What the task asks: Work out how many lines in the data that follows contain "Kind". Write nothing but the number.

(Collected data entries)
------------------------------------

//! The fast path of a paint: the range lies in one table of pages, or is whole slots of another table. That table stands and is to stay, and
//! pieces tell what the list is to say of the range. No list is read.
ghost use Rattle.std.specs.Prelude.{◌≡◌, ◌+◌, ◌*◌, ◌<◌, ◌≤◌, ℕ, false, true, IsTrue, List, slice_index_or};
ghost use Rattle.gv_types.specs.Page.{PAGES};
ghost use Rattle.gv_types.specs.PageRange.{span, meets, lies_in, end_of};
ghost use Rattle.gv_types.specs.declared.mapping.Mapping.{Mapping};
ghost use Rattle.gv_ranges.specs.List.{IsLaidOut, AreEnded};
ghost use Rattle.gv_table.specs.declared.slot.Slot.TheVariants.{Empty};
ghost use Rattle.gv_table.specs.Kinds.{Kind};
ghost use Rattle.gv_table.specs.BufferNames.{AreEncodable};
ghost use Rattle.gv_table.specs.Levels.{root_level, top_level, slots_per_table, pages_of, slot_pages};
ghost use Rattle.gv_table.specs.Patch.{IsPatched};
ghost use Rattle.gv_table.specs.Shape.{IsShaped};
ghost use Rattle.gv_table.specs.Tree.{IsTreeOf, IsEncodableOutside, slot_of, no_page};
ghost use Rattle.gv_table.specs.Counts.{lost, row_lost, tables_at, row_tables_at};
ghost use Rattle.gv_table.specs.declared.wanted.Wanted.{Wanted};
ghost use Rattle.gv_table.specs.Wanted.{wanted};

use crate::fast_row::{table_around, try_paint_leaves};
use crate::levels::{SLOTS, pages_of};
use crate::page_slot::PageSlot;
use crate::pages::paint_pages;
use crate::slot::Slot;
use crate::slot_position::{Excerpt, SlotPosition};
use gv_types::PageRange;

/// Paints a range that lies in one table of pages below this slot, or is whole slots of another table, where that table stands and is to
/// stay: whether it did. Then all tables above it stay too, so none is gained, lost or counted, and no slot beside the range is looked at.
/// Of the list the pieces tell what it says of the range, and `some` where one of its mappings lies.
#[cycle(fast_path)]
pub fn try_paint_slot(
    slot: &mut Slot,
    slot_at: SlotPosition,
    excerpt: &Excerpt<'_, '_>,
    some: PageRange,
) -> bool
    requires some { 0 < slot_at.level }
    requires known { slot_at.level ≤ top_level }
    requires in_space { end_of (slot_pages slot_at.level slot_at.first) ≤ PAGES }
    requires laid_out { IsLaidOut excerpt.now.mappings.now }
    requires encoded { AreEncodable excerpt.now.mappings.now }
    requires position { AreEnded excerpt.now.mappings.now excerpt.now.range.first excerpt.now.position }
    requires met { IsTrue (meets (slot_pages slot_at.level slot_at.first) excerpt.now.range) }
    ensures not { result ≡ false → slot.new ≡ slot.old }
    ensures stays { IsTrue result → (ms : List Mapping) → IsPatched ms excerpt.now.mappings.now excerpt.now.range some
        → wanted ms slot_at.level slot_at.first ≡ Wanted.Table }
    ensures tree { IsTrue result → (ms : List Mapping) → IsPatched ms excerpt.now.mappings.now excerpt.now.range some
        → IsEncodableOutside ms excerpt.now.range slot_at.level slot_at.first slot.old → IsTreeOf ms slot_at.level slot_at.first slot.new }
    ensures lost { IsTrue result → (ms : List Mapping) → IsPatched ms excerpt.now.mappings.now excerpt.now.range some
        → IsEncodableOutside ms excerpt.now.range slot_at.level slot_at.first slot.old
        → (kind : Kind) → lost kind ms slot_at.level slot_at.first slot.old ≡ 0 }
    ensures counted { (target : ℕ) → tables_at target slot_at.level slot.new ≡ tables_at target slot_at.level slot.old }
    ensures shaped { IsShaped slot_at.level slot.old → IsShaped slot_at.level slot.new }
{
    let below = SlotPosition {
        level: slot_at.level - 1,
        first: slot_at.first,
    };
    match slot {
        Slot::Pages(table) => {
            slot_at.level == 1 && try_paint_pages(&mut table.0, slot_at.first, excerpt, some)
        }
        Slot::Table(slots) => slot_at.level > 1 && try_paint_row(slots, below, excerpt, some),
        Slot::Empty | Slot::Zero { .. } | Slot::Buffer { .. } => false,
    }
}

/// The same for the slots of a table: down to the one that is a table round the range, or else for the slots that the range is made of.
#[cycle(fast_path)]
fn try_paint_row(
    slots: &mut [Slot; SLOTS],
    slot_at: SlotPosition,
    excerpt: &Excerpt<'_, '_>,
    some: PageRange,
) -> bool
    requires some { 0 < slot_at.level }
    requires known { slot_at.level ≤ root_level }
    requires in_space { slot_at.first + slots_per_table * pages_of slot_at.level ≤ PAGES }
    requires laid_out { IsLaidOut excerpt.now.mappings.now }
    requires encoded { AreEncodable excerpt.now.mappings.now }
    requires position { AreEnded excerpt.now.mappings.now excerpt.now.range.first excerpt.now.position }
    requires met { IsTrue (meets (span slot_at.first (slots_per_table * pages_of slot_at.level)) excerpt.now.range) }
    ensures not { result ≡ false → slots.new ≡ slots.old }
    ensures stays { IsTrue result → (ms : List Mapping) → IsPatched ms excerpt.now.mappings.now excerpt.now.range some
        → wanted ms (slot_at.level + 1) slot_at.first ≡ Wanted.Table }
    ensures tree { IsTrue result → (ms : List Mapping) → IsPatched ms excerpt.now.mappings.now excerpt.now.range some
        → ((k : ℕ) → k < slots_per_table → IsEncodableOutside ms excerpt.now.range slot_at.level
        (slot_at.first + k * pages_of slot_at.level) (slice_index_or slots.old k Empty))
        → (k : ℕ) → k < slots_per_table → IsTreeOf ms slot_at.level
        (slot_at.first + k * pages_of slot_at.level) (slice_index_or slots.new k Empty) }
    ensures lost { IsTrue result → (ms : List Mapping) → IsPatched ms excerpt.now.mappings.now excerpt.now.range some
        → ((k : ℕ) → k < slots_per_table → IsEncodableOutside ms excerpt.now.range slot_at.level
        (slot_at.first + k * pages_of slot_at.level) (slice_index_or slots.old k Empty))
        → (kind : Kind) → row_lost kind ms slot_at.level slot_at.first slots.old ≡ 0 }
    ensures counted { (target : ℕ) → row_tables_at target slot_at.level slots.new
        ≡ row_tables_at target slot_at.level slots.old }
    ensures shaped { ((k : ℕ) → k < slots_per_table → IsShaped slot_at.level (slice_index_or slots.old k Empty))
        → (k : ℕ) → k < slots_per_table → IsShaped slot_at.level (slice_index_or slots.new k Empty) }
{
    let SlotPosition { level, first } = slot_at;
    let Some(index) = table_around(slots, slot_at, excerpt.range) else {
        return divides(some, level + 1, first) && try_paint_leaves(slots, slot_at, excerpt);
    };
    let part = SlotPosition {
        level,
        first: first + index as u64 * pages_of(level),
    };
    try_paint_slot(&mut slots[index], part, excerpt, some)
}

/// The same, where the slots are those of the table of pages.
fn try_paint_pages(
    slots: &mut [PageSlot; SLOTS],
    first: u64,
    excerpt: &Excerpt<'_, '_>,
    some: PageRange,
) -> bool
    requires in_space { first + slots_per_table * pages_of 0 ≤ PAGES }
    requires laid_out { IsLaidOut excerpt.now.mappings.now }
    requires encoded { AreEncodable excerpt.now.mappings.now }
    requires position { AreEnded excerpt.now.mappings.now excerpt.now.range.first excerpt.now.position }
    requires met { IsTrue (meets (span first (slots_per_table * pages_of 0)) excerpt.now.range) }
    ensures not { result ≡ false → slots.new ≡ slots.old }
    ensures stays { IsTrue result → (ms : List Mapping) → IsPatched ms excerpt.now.mappings.now excerpt.now.range some
        → wanted ms 1 first ≡ Wanted.Table }
    ensures tree { IsTrue result → (ms : List Mapping) → IsPatched ms excerpt.now.mappings.now excerpt.now.range some
        → ((k : ℕ) → k < slots_per_table → IsEncodableOutside ms excerpt.now.range 0 (first + k * pages_of 0)
        (slot_of (slice_index_or slots.old k no_page)))
        → (k : ℕ) → k < slots_per_table → IsTreeOf ms 0
        (first + k * pages_of 0) (slot_of (slice_index_or slots.new k no_page)) }
{
    if !divides(some, 1, first) {
        return false;
    }
    paint_pages(slots, first, excerpt);
    true
}

/// Whether a mapping at these pages holds some of those of a slot, and not all: then the slot is to be a table.
#[inline(always)]
fn divides(some: PageRange, level: usize, first: u64) -> bool
    requires known { level ≤ top_level }
    requires in_space { end_of (slot_pages level first) ≤ PAGES }
    ensures met { IsTrue result → IsTrue (meets some (slot_pages level first)) }
    ensures not_whole { IsTrue result → lies_in (slot_pages level first) some ≡ false }
{
    let end = first + pages_of(level);
    if end <= some.first() || some.end() <= first {
        return false;
    }
    if first < some.first() {
        return true;
    }
    some.end() < end
}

------------------------------------

Answer space: 3